Per carità, i bei tempi andati conservano il loro fascino ma il loro vagheggiamento fa sì che siano troppo spesso idealizzati oltre misura facendo assurgere un passato talora non eccessivamente roseo a livelli di uno Shangri-La inestistente il tutto a scapito di un presente che sotto moltissimi aspetti è decisamente migliore.

Pensiamo, ad esempio, a quanto sia cambiato l’insegnamento soprattutto nei primi anni scolastici – diciamo fino al ciclo medio inferiore – rispetto a quel che generazioni di sventurati allievi erano costretti ad imparare: cose tristissime.

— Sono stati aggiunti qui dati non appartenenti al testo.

// An insert: the maxima, the entry's row, the tree, the permutation and the header.
ghost use Rattle.std.specs.Prelude.{◌≡◌, ◌+◌, ◌*◌, ◌%◌, ◌≤◌, ◌<◌, length};
ghost use Rattle.words.specs.Words.{words, paste_w};
ghost use Rattle.words.specs.Tables.{part};
ghost use Rattle.monomial.specs.Monomial.{Canonical};
ghost use Rattle.divmask.specs.Tracker.{Maxima, updated};
ghost use Rattle.index_theory.specs.Calls.{plain};
ghost use Rattle.index_image.specs.Shape as shape;
ghost use Rattle.kd_slots.specs.Slots.{Mapped, Lent};
ghost use Rattle.kd_descent.specs.Growing.{Growth, place};
ghost use Rattle.kd_insert.specs.Inserting.{Room, Inserted, signed, Hangs, hung};

use index_image::image::Image;
use index_image::{Shape, fields};
use power_table::Dense;

// Runs `update` on the present maxima.
pub fn track(image: &mut [u8], s: Shape, monomial: &[u8])
    requires room { 4 * shape.map_at s.variables ≤ length image.old }
    requires maxima { Maxima s.variables (part (words image.old) shape.maxima_at s.variables) }
    requires canonical { Canonical 1 s.variables (words monomial.now) }
    ensures { image.new ≡ paste_w image.old shape.maxima_at (updated (words monomial.now) (part (words image.old) shape.maxima_at s.variables)) }
{
    let m = s.variables;
    let a = 4 * fields::HEADER;
    divmask::tracker::update(&mut image[a..a + 4 * m], m as u32, monomial);
}

// Puts the place s.entries, whose entry has this lm and label, into the tree and the permutation, and counts it in the header.
// `Mapped` is a clause, no ghost field beside the `&mut`: see `kd_slots::write_masked`. The powers are in an array, since there is no heap.
pub fn hang(image: &mut [u8], s: Shape, lm: &[u8], label: u64)
    requires mapped { Mapped image.old s }
    requires lent { Lent s.variables lm.now }
    requires entries_lt_capacity { s.entries < s.capacity }
    requires hangs { Hangs (words image.old) s (words lm.now) label }
    ensures { (h : Hangs (words image.old) s (words lm.now) label) → image.new ≡ hung image.old s (words lm.now) label h.growth }
{
    let mut table = [0u8; 256];
    power_table::lay(&mut table, lm);
    let dense = Dense {
        monomial: lm,
        table: &table,
    };
    let n = s.entries;
    let at = s.permutation_at();
    let p = kd_descent::descend(image, s, &dense, label);
    words::runs::insert(image, at + p, at + n, n as u32);
    words::put(image, fields::LENGTH, n as u32 + 1);
}

// Inserts a monomial, and returns its number.
pub fn insert_monomial(image: &mut [u8], s: Shape, lm: &[u8]) -> usize
    requires room { Room image.old s }
    requires kind_value { s.kind ≡ 0 }
    requires canonical { Canonical 1 s.variables (words lm.now) }
    requires lm_len { length lm.now % 4 ≡ 0 }
    ensures { Inserted (plain (words lm.now)) result image.old image.new }
{
    let n = s.entries;
    track(image, s, lm);
    kd_slots::write_masked(image, s, s.entry_at(n), lm);
    hang(image, s, lm, 0);
    n
}

// Inserts an entry of a ratio index, and returns its number. It shares `track` and `hang` with `insert_monomial`; one function for both
// would branch on the kind at each step between them.
pub fn insert_ratio(image: &mut [u8], s: Shape, index: u32, sign: &[u8], lm: &[u8]) -> usize
    requires room { Room image.old s }
    requires kind_value { s.kind ≡ 1 }
    requires index_bound { index < 268435456 }
    requires canonical { (Canonical 1 s.variables (words sign.now)) × (length sign.now % 4 ≡ 0) }
    requires canonical_2 { (Canonical 1 s.variables (words lm.now)) × (length lm.now % 4 ≡ 0) }
    ensures { Inserted (signed index (words sign.now) (words lm.now)) result image.old image.new }
{
    let n = s.entries;
    let row = kd_labelling::label_entry(image, s, index, sign, lm);
    let labelled = Image {
        bytes: image,
        shape: s,
    };
    let label = labelled.row_label(row);
    track(image, s, sign);
    track(image, s, lm);
    kd_slots::write_ratio_row(image, s, s.entry_at(n), index, sign, lm, row as u32);
    hang(image, s, lm, label);
    n
}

I libri di testo attuali propongono, in particolare per i più piccoli, letture incentrate sul rispetto degli altri, sulla comprensione delle diversità e via dicendo, il tutto con un linguaggio capace di far comprendere immediatamente il testo e solitamente facendo fare anche qualche risata.

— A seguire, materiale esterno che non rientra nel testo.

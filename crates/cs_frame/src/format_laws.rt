//! The laws of the formats: a page without a fault is one value's spelling and no other's, and what is
//! spelled has no fault.

ghost use Rattle.std.specs.Prelude.{◌≡◌, ◌≢◌, ◌↔◌, ◌+◌, ◌/◌, ◌^◌, ◌<◌, ◌≤◌, ◌++◌, ℕ, List, Option, Some, None, [], length, map, take, true};
ghost use Rattle.byteorder.specs.Endian.{big_bytes, big_number};
ghost use Rattle.law_machine.specs.Element.{Entry as NamedEntry};
ghost use Rattle.law_machine.specs.Format.{Format, Four, Two};
ghost use Rattle.law_machine.specs.Formats.{ChunkFrame, RunFrame};
ghost use Rattle.law_machine.specs.Frames.{IsFormat};
ghost use Rattle.law_machine.specs.Geometry.{HasExtentsApart, IsGeometry as IsModelGeometry, digest_number, head_bytes_in, mark_in, marks_in, most_weight_in, shape_of, weigh_in};
ghost use Rattle.law_machine.specs.Index.{IsRunList, run_weight};
ghost use Rattle.law_machine.specs.Lists.{◌∈◌};
ghost use Rattle.law_machine.specs.Safe.{FitsExtent};
ghost use Rattle.cs_frame.specs.declared.faults.FormatFault.{FormatFault as Fault};
ghost use Rattle.cs_frame.specs.declared.formats.FormatNumber.{FormatNumber};
ghost use Rattle.cs_frame.specs.declared.locators.Locator.{Locator as Place};
ghost use Rattle.cs_frame.specs.Bytes.{EachHas, IsBytes, IsPage};
ghost use Rattle.cs_frame.specs.Formats.{as_entry, formats_of, id_bytes};
ghost use Rattle.cs_frame.specs.Frames.{SpellsFrame, bytes_in, digest_front, first_page, frame_count, frame_fault, header_fault, page_count, payload_in, payload_mark, spelled_frame};
ghost use Rattle.cs_frame.specs.FirstFormat.{IsOfFirstFormat, SpellsFirstFormat, SpellsPageZero, first_format_fault, page_zero_fault};
ghost use Rattle.cs_frame.specs.Geometries.{FitsFormat, IsGeometry, lengths_below, section_length, section_size, section_start, weight_bytes};
ghost use Rattle.cs_frame.specs.FormatRuns.{SpellsRun, run_fault, run_size};
ghost use Rattle.cs_frame.specs.FormatNumbers.{number_in};
ghost use Rattle.cs_frame.specs.Heads.{body_in, chunk_in, spelled_head};
ghost use Rattle.cs_frame.specs.Roots.{SpellsRoot, root_fault, root_number};
ghost use Rattle.cs_frame.specs.Runs.{Entry};
ghost use Rattle.cs_frame.specs.Superblocks.{FitsRecord, SpellsSuperblock, record_in, spelled_superblock, superblock_fault};

/// In each format a page is a superblock section's spelling exactly where no test fails, and of one section alone.
pub fn superblock_has_one_spelling()
    ensures exact { (number : FormatNumber) (page : List ℕ) → IsPage page
        → (superblock_fault number page ≡ None)
        ↔ ((format : Format) × (version : ℕ) × (recorded : ℕ) × (extents : ℕ) × (pages : ℕ) × (sections : ℕ) × (section : ℕ)
        × (written : List (ℕ × ℕ)) × (number_in format ≡ number)
        × SpellsSuperblock page format version recorded extents pages sections section written) }
    ensures one_page { (page other : List ℕ) (format : Format) (version recorded extents pages sections section : ℕ) (written : List (ℕ × ℕ))
        → SpellsSuperblock page format version recorded extents pages sections section written
        → SpellsSuperblock other format version recorded extents pages sections section written → page ≡ other }
    ensures one_section { (page : List ℕ)
        (format f : Format) (version w recorded r extents e pages p sections s section j : ℕ) (written es : List (ℕ × ℕ))
        → SpellsSuperblock page format version recorded extents pages sections section written → SpellsSuperblock page f w r e p s j es
        → (format ≡ f) × (version ≡ w) × (recorded ≡ r) × (extents ≡ e) × (pages ≡ p) × (sections ≡ s) × (section ≡ j) × (written ≡ es) }
{}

Fino a non troppi anni fa i poveri studenti elementari e medi si sorbivano stralci atroci del libro “Cuore”, in cui il cattivo della classe era ovviamente di famiglia povera e “socialista”, mentre il fighetto inamidato e dai quaderni impeccabili proveniva da famiglia agiata e devotissima. Per la serie “siamo tutti uguali”.

A Garrone e a Franti venivano ammannite – romanzo nel romanzo – atroci ed “edificanti” letture mensili come “La piccola vedetta lombarda”, bimbo impallinato dai malvagi austraci, o “L’infermiere di Tata”, che scopre il suo vero padre curando il padre finto, o ancora “Sangue romagnolo” e “Dagli Appennini alle Ande”; roba che se il pargolo educando non aveva personalità sufficientemente forte da non farsi influenzare rischiava di diventare come il De Amicis, che quando tornava dal bordello menava la moglie.

Sono migliorate parecchio anche le uscite culturali – che carini sono i bimbi a passeggio con i loro insegnanti e tutti col cappellino uguale che si vedono oggi –, un tempo più vicine ad una punizione che non a un premio.

Oggi i piccoli delle elementari vengono portati a visitare fattorie didattiche dove finalmente imparano che il pollo prima di essere pepita ha una sua vita propria e che il latte va munto da apposita mucca prima di finire nel Tetrapack™, così come la lana del maglione prima era addosso a una simpatica pecora.

Un tempo, toccò anche a me, la gita in campagna si riduceva a una passeggiata al bordo di campi nebbiosi di sorgo ingozzato di anticrittogamici in confronto ai quali le foreste del Vietnam irrorate dai Tomahawk statunitensi erano centri benessere e con il rischio costante di essere investiti da Fiat 850 o da A112.

Terrificanti anche le gite scolastiche con meta l’immancabile “Minitalia”, che non sarebbe stata male se visitata in primavera ma dove invece si veniva portati a novembre inoltrato, partenza all’alba come coscritti, con temperature siberiane e panino con la mortadella a seguito. Solitamente si tornava raffreddati e si doveva pure scrivere il temino “Una giornata indimenticabile”.

Anche il versante musicale presentava risvolti tragici: se all’asilo le filastrocche erano passabili, seppur con punte notevoli di demenzialità, alle elementari si imparavano i canti di trincea tipo “Ta- pum Ta-pum” o “Il testamento del capitano” dove l’ufficiale morente chiede di essere cannibalizzato a favore di vari destinatari a lui cari. Pensa che felicità per una fidanzata o una mamma ricevere un pacchetto in stile “anonima sequestri” con un piede del congiunto.

E come dimenticare le “applicazioni tecniche” per i maschietti e l’”economia domestica” per le femminucce? Perché si sa: gli uomini vanno in fabbrica e le donne stanno a casa a badare alla famiglia. La tristezza.

Una cosa sola, una, è da rimpiangere: le poesie, seppure lacrimevoli ma tanto edificanti, si imparavano a memoria. Che “Pianto antico” è un capolavoro l’ho capito all’università, intanto però l’avevo imparata alle medie e ancora me la ricordo.